S-Space College of Dentistry/School of Dentistry (치과대학/치의학대학원) Dept. of Dental Science(치의과학과) Theses (Ph.D. / Sc.D._치의과학과)
Scalable graph path discovery for biomedical linked data
대용량 의생물학 링크드 데이터를 위한 그래프 경로 탐색
- 치의학대학원 치의과학과
- Issue Date
- 서울대학교 대학원
- 학위논문 (박사)-- 서울대학교 대학원 : 치의과학과, 2017. 2. 김홍기.
- A drug could give rise to an adverse effect when combined with another particular drug. Addressing the underlying causes of the adverse effects is crucial for researchers to develop new drugs and for clinicians to prescribe medicine. Most existing approaches attempt to identify a set of target genes for which drugs are most effective, which provides insufficient information regarding these causes in terms of biological dynamics. Drugs should instead be considered as participants in activating a sequence of pathways that lead to some effects. I believe that the causes can better be understood by such linked pathways. Therefore, the purpose of this thesis is to develop algorithms and tools that can be used to discover a sequence of pathways that is activated by a particular drug combination. Furthermore, these algorithms are required to be scalable to manage massive biomedical Linked Data because up-to-date results of biomedical research are increasingly available in Linked Data.
My hypothesis is that for a drug combination, when a drug up-regulates particular pathways in one direction and another drug down-regulates the same pathways in an opposite direction, adverse effects may occur by the drug combination. In this regard, the problem of revealing the causes of adverse effects of drug combinations is cast into the problem of discovering paths of a sequence of linked pathways that begins and ends at the genes that the given drugs target. Therefore, the scalable graph path discovery and matching algorithms are devised such that they work with a distributed computing environment.
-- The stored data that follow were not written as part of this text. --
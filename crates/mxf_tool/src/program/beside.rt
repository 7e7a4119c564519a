//! Sources beside each other: which of them holds which note.
use super::{Inputs, Printed, print_answer, told};
use mxf_catalogue::Catalogue;
use mxf_forms::Form;
use mxf_hints::{Exit, RunFault};
use mxf_readings::Readings;
use mxf_sources::{names_of, read_each};

/// Prints what each source holds, and which source has which disputed note.
pub fn print_beside<'a>(rt: &HostRuntime, inputs: Inputs<'_, 'a>) -> Result<Exit, RunFault<'a>> {
    let Ok(names) = names_of(rt.alloc(), inputs.sources) else {
        return Err(RunFault::OutOfMemory);
    };
    let read = read_each(rt, inputs.telling.screen, inputs.sources)?;
    let exit = print_contents(rt, inputs.form, &names, &read.contents)?;
    told(
        rt,
        inputs.telling.has_hints,
        inputs.sources,
        &read.reports,
        false,
        exit,
    )
}

/// Prints on standard output which of the sources with these names and contents holds which note.
fn print_contents<'a>(
    rt: &HostRuntime,
    form: Form,
    names: &[String],
    contents: &[Catalogue],
) -> Result<Exit, RunFault<'a>> {
    match Readings::of(rt.alloc(), contents) {
        Ok(readings) => print_answer(rt, Printed::Beside(&readings, names), form),
        Err(_) => Err(RunFault::OutOfMemory),
    }
}
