//! The segments of an index, among which those are found that may have a unit (ST 377-1, Index Table Segment).
ghost use Rattle.std.specs.Prelude.{◌≡◌, IfOk};
ghost use Rattle.mxf_views.specs.declared.index.place.StreamPlace.{StreamPlace};
ghost use Rattle.mxf_units.specs.Repeated.{SayAll};
ghost use Rattle.mxf_units.specs.Streams.{entry_of, is_given, place_of};

use crate::intervals::Intervals;
use crate::repeated::without_repeated;
use crate::segments::place_of;
use crate::standing::UnitStanding;
use mxf_klv::OutOfMemory;
use mxf_views::{SegmentAt, StreamPlace};
use std::alloc::Global;
use std::marker::Model;

/// The segments of an index, by which the places of its units are looked up. Of segments that say the same, one is kept.
#[derive(Drop)]
pub struct IndexSegments<'a> {
    segments: Intervals<SegmentAt<'a>>,
}

impl<'a> Model for IndexSegments<'a> {
    ghost use Rattle.std.specs.Prelude.{List};
    ghost use Rattle.mxf_views.specs.Places.{SegmentAtParts};

    ghost Value = { List SegmentAtParts };

    ghost view = { λ s. s.segments };
}

impl<'a> IndexSegments<'a> {
    /// Those of the segments that say all that any of them says. They take memory, and n log n of the segments.
    pub fn of(alloc: Global, segments: Vec<SegmentAt<'a>>) -> Result<IndexSegments<'a>, OutOfMemory>
        ensures { IfOk result (λ s. SayAll segments.entry.items s) }
    {
        let left = without_repeated(alloc, segments)?;
        let segments = Intervals::of(alloc, left)?;
        Ok(IndexSegments { segments })
    }

    /// All of them.
    pub fn all(&self) -> &[SegmentAt<'a>]
        ensures { result.now ≡ self.now }
    {
        self.segments.all()
    }

    /// Those that may have a unit: two binary searches. The segments that give the unit a place and an entry are among them.
    pub fn near(&self, unit: u64) -> &[SegmentAt<'a>]
        ensures place { place_of result.now unit ≡ place_of self.now unit }
        ensures entry { entry_of result.now unit ≡ entry_of self.now unit }
        ensures given { (p : StreamPlace) → is_given p unit result.now ≡ is_given p unit self.now }
    {
        let (near, _) = self.segments.around(u128::from(unit));
        near
    }

    /// The place of a unit in its stream, if the segments that give one agree, or how it stands without. It takes no memory.
    pub fn place(&self, unit: u64) -> Result<StreamPlace, UnitStanding>
        ensures { result ≡ place_of self.now unit }
    {
        place_of(self.near(unit), unit)
    }
}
A pathway graph model is defined to integrate diverse biomedical datasets and a visualization tool is implemented to provide biomedical researchers and clinicians with intuitive interfaces for revealing the causes of the adverse effects.
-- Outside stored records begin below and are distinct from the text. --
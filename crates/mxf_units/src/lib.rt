//! Where the stored edit units of an index lie in the file, and which of their bytes are held (ST 377-1, Index Table
//! Segment and Partition Pack; the standings are this project's profile).
//!
//! An index table segment says where an edit unit begins in its essence stream, and the BodyOffset of a partition where
//! in the stream its essence begins. Together they say where a unit lies in the file, as far as segments and packs are
//! held: a part of a recording can be cut out of the pieces that are there, and what is missing of it is known by its
//! file offsets.
//!
//! | Question | Call | Answer |
//! |---|---|---|
//! | Which indexes are there? | [`index_sids`], [`named_index_sids`] | the IndexSIDs of the segments, rising; those
//! that partitions name and no segment has |
//! | Up to which unit does one reach? | [`last_unit`] | the last unit to which a segment gives a place, if there is one |
//! | Which units are asked for, and which key frames before them? | [`UnitRange`], [`UnitsLeft`], [`needed_from`] | the
//! units, one after another; the first that they need |
//! | Where does a unit lie, and is it held? | [`Units::of`], then [`Units::unit`] | [`EditUnit`]: its [`UnitStanding`],
//! its [`Extent`], and what its index entry says |
//! | Where is it looked for? | [`Units::place`], [`Units::location`], [`Units::parts`] | its place in its stream; the
//! [`EssenceZone`] in which that is to be found; the partitions as parts of their streams |
//! | All of that at once? | [`Units::placed`] | [`PlacedUnit`] |
//! | Which places do given segments give? | [`IndexSegments::of`], then [`IndexSegments::place`] | the place of a unit
//! in its stream |
//! | Where do the streams lie, without any index? | [`parts_of`], then [`zone_at`]; [`behind_index`] |
//! the partitions as parts of their streams, and the [`EssenceZone`] in which an offset of a stream is to be found; where
//! the bytes of a partition's essence begin |
//!
//! A unit's bytes reach up to the next place in its stream that a segment of its index gives; those of the last one
//! reach up to the end of its partition. So do those of a unit whose next place lies behind that end, unless it is the
//! place of the unit after it: segments of units between aren't held. Bytes are given if no unknown partition can lie
//! before them, and lie in their partition then. No unit begins in a packet that can't be essence. If all units of a
//! partition lie in one packet, its BodyOffset counts from the first byte of that packet's value, and otherwise from
//! its key.
//!
//! What is proved: each answer is its definition over the notes of the catalogue and what is at hand beside them
//! (`unit_of`, `index_sids_of`, `named_index_sids_of`). The laws say more: [`laws::standings_by_definition`], that each
//! standing has its cause, and a unit one standing; [`laws::extents_by_definition`], where the bytes of a unit lie, and
//! for which units that is given; [`laws::entries_by_definition`], what its entry says; [`laws::held_units_are_held`],
//! that a unit which stands as held has each byte held, and [`laws::units_at_hand_are_known`], that one which stands as
//! at hand has each held or at hand; [`laws::units_of_whole_files_are_held`], that the units of a file held whole stand
//! as held; [`laws::next_by_definition`], [`laws::first_packets_by_definition`] and [`laws::limits_by_definition`],
//! what next places, first packets and limits are; [`laws::index_sids_by_definition`] and
//! [`laws::named_index_sids_by_definition`], which indexes there are; [`laws::one_last_unit`], that an index has one
//! last unit at most.
//!
//! The units from `from` up to `to` of an index, whose bytes are all held:
//!
//! ```
//! let at_hand = AtHand::nothing(rt.alloc());
//! let units = Units::of(rt.alloc(), &views, &at_hand, index_sid)?;
//! for number in from..to {
//!     let unit = units.unit(number);
//!     if unit.standing != UnitStanding::Held {
//!         println!(rt; "unit {number} is {}", unit.standing)?;
//!     }
//! }
//! ```
#![tactic(auto)]

mod beside;
mod bounds;
mod constant_units;
mod covers;
mod essence_zone;
mod even_units;
mod first_packet;
mod index_segments;
mod indexes;
mod intervals;
mod last;
pub mod laws;
mod location;
mod next_places;
mod placed;
mod range;
mod repeated;
mod segments;
mod standing;
mod stream;
mod unit;
mod units;

pub use covers::cover_of;
pub use essence_zone::EssenceZone;
pub use essence_zone::part::{StreamPart, parts_of, zone_at};
pub use even_units::{EvenUnits, UnitCounts, lists_units};
pub use first_packet::behind_index;
pub use index_segments::IndexSegments;
pub use indexes::{index_sids, named_index_sids};
pub use last::last_unit;
pub use location::Location;
pub use placed::PlacedUnit;
pub use range::{UnitRange, UnitsLeft, needed_from};
pub use standing::UnitStanding;
pub use unit::{EditUnit, Extent};
pub use units::Units;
An algorithm for the shortest graph path discovery is proposed. An existing relational database approach is adapted to address the shortest graph path discovery in a distributed computing framework, in particular, Spark. The 2-hop reachability index is exploited to prune non-reachable paths during discovery computation. A vertex re-labeling technique is proposed to reduce the size of the 2-hop reachability index. Experimental results show that the proposed approach can successfully manage a large graph, which previous studies have failed to do.
The discovered shortest graph path can be transformed into a graph path query to find another similar graph path. To achieve this, a MapReduce algorithm for graph path matching, based on multi-way joins, is proposed. A signature encoding technique is devised to prune intermediate data that is not relevant to the given query. Experiments against RDF (Resource Description Framework) datasets show that SPARQL query processing is faster than the state-of-the-art approaches.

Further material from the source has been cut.